A cet endroit de la rue, au-dessus de la boutique d'un marchand de simples et herbes desséchées dont l'enseigne était vouée—au grand Hippocrate, ledit marchand avait depuis longtemps fait creuser une niche. Dans cette niche, il avait placé une statuette en bois peint figurant un vénérable vieillard habillé à la grecque, possesseur d'une belle barbe, et qui n'était autre que le grand Hippocrate en personne. Or, peu à peu, ce personnage avait changé d'identité. Le grand Hippocrate était devenu peu à peu et tout doucement le grand saint Antoine.
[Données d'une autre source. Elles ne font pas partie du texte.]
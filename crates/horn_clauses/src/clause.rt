// A Horn clause.

/// A Horn clause: the head holds where all atoms of the body hold. Where the body is empty the head holds outright.
///
/// An atom is a number, counted from 0. It may stand in a body more than once, which says no more than once.
#[derive(Debug, Drop)]
pub struct Clause {
    pub head: u32,
    pub body: Vec<u32>,
}

impl Clause {
    ghost use Rattle.std.specs.Prelude.{◌↔◌, IsTrue};
    ghost use Rattle.horn_clauses.specs.Marks.{IsWithin};

    /// Whether the head and each atom of the body is below `count`.
    pub fn is_within(&self, count: u32) -> bool
        ensures { IsTrue result ↔ IsWithin count self.now }
    {
        self.head < count && self.body.iter().all(|atom| *atom < count)
    }
}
Or, de même que sur une foule de points dans Paris, de zélés serviteurs de l'Eglise avaient installé au-dessous de la niche, devant la porte de la boutique, une table sur laquelle ils avaient placé une corbeille destinée à recevoir les dons des fidèles à saint Antoine. Ceux qui étaient riches mettaient un denier ou un sou; ceux qui étaient pauvres jetaient un liard; enfin, les moins fortunés mettaient dans la corbeille du pain, des légumes pour la soupe de saint Antoine, et ceux qui n'avaient rien du tout faisaient une croix et une prière.
Il va sans dire que, tous les soirs, les quêteurs des couvents venaient recueillir le contenu de la corbeille.
Cela dit, on comprendra l'indignation publique lorsqu'un bourgeois étant venu à passer refusa formellement de déposer aucune aumône.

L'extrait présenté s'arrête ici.